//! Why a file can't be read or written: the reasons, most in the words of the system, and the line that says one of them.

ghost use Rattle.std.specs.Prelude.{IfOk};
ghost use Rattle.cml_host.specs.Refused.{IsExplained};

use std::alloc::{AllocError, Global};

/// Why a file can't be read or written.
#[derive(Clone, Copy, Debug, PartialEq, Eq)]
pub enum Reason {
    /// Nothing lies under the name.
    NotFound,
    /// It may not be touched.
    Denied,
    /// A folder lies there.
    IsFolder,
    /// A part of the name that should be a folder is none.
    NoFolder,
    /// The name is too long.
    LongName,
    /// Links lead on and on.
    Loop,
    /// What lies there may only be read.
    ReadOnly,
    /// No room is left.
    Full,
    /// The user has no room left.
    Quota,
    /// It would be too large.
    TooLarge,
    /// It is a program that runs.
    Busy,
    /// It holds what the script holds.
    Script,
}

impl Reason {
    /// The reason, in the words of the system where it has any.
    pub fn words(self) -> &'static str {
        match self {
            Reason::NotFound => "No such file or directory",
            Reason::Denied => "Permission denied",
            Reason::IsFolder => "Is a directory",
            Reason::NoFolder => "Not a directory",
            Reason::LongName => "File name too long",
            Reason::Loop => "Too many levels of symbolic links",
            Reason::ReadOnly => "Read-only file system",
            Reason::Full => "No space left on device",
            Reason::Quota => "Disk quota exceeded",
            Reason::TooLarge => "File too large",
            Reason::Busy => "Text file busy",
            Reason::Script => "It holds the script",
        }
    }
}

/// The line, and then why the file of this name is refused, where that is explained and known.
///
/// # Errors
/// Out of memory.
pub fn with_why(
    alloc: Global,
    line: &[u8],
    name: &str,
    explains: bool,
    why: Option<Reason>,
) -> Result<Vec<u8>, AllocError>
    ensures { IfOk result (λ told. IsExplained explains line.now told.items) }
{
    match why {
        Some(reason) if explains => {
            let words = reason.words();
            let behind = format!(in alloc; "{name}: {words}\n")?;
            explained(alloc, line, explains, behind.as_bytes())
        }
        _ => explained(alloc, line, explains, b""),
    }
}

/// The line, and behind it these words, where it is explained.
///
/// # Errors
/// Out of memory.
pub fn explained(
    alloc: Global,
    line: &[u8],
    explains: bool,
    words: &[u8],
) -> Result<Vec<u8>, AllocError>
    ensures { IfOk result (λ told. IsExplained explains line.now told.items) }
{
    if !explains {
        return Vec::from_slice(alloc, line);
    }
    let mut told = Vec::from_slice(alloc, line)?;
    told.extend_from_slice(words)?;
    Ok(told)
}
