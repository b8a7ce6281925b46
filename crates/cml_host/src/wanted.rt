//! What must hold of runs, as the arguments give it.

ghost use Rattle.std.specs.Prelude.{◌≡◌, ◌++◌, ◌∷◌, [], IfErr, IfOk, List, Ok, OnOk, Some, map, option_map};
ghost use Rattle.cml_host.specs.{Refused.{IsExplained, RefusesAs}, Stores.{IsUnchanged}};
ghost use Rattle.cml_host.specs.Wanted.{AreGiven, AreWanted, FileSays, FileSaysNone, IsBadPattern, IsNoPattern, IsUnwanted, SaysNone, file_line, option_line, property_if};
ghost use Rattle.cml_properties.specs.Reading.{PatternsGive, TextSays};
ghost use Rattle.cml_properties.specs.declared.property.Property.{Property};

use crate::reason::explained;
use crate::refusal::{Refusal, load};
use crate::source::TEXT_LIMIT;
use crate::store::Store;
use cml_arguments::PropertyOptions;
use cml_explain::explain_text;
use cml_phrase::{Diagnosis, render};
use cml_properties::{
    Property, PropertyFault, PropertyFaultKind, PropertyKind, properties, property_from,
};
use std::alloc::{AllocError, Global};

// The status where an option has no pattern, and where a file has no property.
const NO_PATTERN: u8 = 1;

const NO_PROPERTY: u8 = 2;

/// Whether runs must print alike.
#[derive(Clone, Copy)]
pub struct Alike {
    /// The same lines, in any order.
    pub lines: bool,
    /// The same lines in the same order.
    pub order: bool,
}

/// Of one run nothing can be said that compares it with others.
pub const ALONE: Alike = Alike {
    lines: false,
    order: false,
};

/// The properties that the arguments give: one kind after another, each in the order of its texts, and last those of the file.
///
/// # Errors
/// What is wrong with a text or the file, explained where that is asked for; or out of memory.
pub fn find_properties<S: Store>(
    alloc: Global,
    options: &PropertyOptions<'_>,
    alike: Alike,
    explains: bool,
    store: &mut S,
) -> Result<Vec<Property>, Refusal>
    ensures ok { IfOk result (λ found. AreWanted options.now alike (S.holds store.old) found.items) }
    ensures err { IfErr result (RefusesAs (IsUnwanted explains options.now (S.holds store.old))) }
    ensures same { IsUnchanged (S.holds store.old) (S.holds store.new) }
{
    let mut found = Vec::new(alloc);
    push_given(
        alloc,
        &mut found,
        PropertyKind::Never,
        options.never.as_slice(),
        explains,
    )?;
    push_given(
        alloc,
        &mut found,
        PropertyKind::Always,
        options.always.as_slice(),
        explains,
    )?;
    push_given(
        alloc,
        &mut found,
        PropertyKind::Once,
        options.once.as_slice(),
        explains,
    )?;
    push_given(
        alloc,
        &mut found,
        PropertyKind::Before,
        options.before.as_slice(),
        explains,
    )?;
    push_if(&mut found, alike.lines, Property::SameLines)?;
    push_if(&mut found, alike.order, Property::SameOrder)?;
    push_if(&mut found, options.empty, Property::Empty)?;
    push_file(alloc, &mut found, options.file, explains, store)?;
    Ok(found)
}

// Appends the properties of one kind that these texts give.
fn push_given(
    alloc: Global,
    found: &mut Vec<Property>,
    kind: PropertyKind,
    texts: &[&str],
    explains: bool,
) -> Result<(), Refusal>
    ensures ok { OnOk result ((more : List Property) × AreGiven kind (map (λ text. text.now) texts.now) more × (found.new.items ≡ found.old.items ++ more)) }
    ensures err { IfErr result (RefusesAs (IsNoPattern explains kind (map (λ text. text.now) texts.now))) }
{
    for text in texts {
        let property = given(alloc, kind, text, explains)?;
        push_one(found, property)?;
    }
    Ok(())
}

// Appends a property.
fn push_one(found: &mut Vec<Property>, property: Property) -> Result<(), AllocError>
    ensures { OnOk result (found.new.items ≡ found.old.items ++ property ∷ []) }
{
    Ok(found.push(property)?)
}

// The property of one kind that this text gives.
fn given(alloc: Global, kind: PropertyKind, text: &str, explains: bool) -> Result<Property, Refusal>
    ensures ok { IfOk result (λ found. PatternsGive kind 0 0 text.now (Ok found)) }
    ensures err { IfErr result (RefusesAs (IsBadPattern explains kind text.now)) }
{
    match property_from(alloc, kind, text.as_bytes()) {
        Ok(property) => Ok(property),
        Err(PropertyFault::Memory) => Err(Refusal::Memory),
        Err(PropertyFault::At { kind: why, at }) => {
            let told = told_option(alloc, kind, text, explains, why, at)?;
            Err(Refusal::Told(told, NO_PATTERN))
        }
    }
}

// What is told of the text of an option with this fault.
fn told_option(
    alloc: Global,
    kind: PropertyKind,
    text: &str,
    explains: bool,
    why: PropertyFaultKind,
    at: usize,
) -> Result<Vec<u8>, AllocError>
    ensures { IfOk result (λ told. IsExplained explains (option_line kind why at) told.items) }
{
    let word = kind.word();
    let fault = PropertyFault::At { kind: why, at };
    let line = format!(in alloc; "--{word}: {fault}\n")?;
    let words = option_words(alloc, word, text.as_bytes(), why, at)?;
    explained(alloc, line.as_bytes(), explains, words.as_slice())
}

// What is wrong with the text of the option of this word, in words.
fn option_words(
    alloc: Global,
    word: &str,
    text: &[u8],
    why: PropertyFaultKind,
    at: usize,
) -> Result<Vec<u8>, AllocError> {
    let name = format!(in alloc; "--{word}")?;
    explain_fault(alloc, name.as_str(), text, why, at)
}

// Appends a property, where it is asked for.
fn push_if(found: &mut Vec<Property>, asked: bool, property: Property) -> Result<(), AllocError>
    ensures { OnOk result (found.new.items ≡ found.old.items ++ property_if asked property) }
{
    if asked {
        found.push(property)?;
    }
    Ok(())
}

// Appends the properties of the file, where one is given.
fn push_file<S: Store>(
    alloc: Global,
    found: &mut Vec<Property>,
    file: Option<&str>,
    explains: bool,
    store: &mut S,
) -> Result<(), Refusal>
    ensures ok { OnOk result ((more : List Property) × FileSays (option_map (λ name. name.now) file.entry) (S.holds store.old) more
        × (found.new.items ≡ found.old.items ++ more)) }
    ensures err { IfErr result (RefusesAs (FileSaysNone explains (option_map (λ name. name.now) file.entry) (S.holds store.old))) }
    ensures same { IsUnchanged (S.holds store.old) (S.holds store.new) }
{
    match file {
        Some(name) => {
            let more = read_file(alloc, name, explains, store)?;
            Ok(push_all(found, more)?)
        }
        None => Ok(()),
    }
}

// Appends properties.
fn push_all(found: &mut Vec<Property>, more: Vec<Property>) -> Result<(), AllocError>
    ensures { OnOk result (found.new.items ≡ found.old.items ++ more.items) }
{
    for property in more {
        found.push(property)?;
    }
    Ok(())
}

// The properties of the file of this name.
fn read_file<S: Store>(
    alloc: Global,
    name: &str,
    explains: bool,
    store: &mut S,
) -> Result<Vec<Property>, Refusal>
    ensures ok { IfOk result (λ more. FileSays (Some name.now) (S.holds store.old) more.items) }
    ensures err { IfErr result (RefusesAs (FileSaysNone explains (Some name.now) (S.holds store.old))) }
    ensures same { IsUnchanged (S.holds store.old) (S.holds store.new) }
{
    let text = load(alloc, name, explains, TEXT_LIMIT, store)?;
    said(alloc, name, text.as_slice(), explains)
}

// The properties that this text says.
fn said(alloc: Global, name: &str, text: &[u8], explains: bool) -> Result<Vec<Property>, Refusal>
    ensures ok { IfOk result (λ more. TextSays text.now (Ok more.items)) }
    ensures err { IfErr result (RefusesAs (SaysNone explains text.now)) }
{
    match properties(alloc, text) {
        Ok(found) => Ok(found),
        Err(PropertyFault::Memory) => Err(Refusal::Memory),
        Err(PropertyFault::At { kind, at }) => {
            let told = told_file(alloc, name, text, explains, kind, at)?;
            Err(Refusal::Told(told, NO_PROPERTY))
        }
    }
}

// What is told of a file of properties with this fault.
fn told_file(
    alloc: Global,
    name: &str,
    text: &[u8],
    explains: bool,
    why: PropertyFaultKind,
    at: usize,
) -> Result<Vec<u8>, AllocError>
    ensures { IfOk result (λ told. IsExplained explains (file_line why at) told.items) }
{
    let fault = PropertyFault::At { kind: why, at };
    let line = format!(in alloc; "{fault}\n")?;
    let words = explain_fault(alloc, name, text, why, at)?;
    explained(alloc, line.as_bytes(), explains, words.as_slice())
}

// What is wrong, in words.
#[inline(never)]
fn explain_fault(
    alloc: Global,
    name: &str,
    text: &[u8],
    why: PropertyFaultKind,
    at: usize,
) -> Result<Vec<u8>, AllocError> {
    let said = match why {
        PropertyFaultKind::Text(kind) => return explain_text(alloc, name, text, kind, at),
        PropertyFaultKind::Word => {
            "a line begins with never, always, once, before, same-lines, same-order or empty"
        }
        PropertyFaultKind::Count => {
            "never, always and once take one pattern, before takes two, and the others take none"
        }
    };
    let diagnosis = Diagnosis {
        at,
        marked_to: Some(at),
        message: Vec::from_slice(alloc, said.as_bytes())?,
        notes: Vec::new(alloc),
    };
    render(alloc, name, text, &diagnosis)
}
##########
#### [Instructions for the task]
Set down, please, the lines from the line holding "let said = match" through the final line of the data, exactly and with nothing added.

#### [Answer section]
    let said = match why {
        PropertyFaultKind::Text(kind) => return explain_text(alloc, name, text, kind, at),
        PropertyFaultKind::Word => {
            "a line begins with never, always, once, before, same-lines, same-order or empty"
        }
        PropertyFaultKind::Count => {
            "never, always and once take one pattern, before takes two, and the others take none"
        }
    };
    let diagnosis = Diagnosis {
        at,
        marked_to: Some(at),
        message: Vec::from_slice(alloc, said.as_bytes())?,
        notes: Vec::new(alloc),
    };
    render(alloc, name, text, &diagnosis)
}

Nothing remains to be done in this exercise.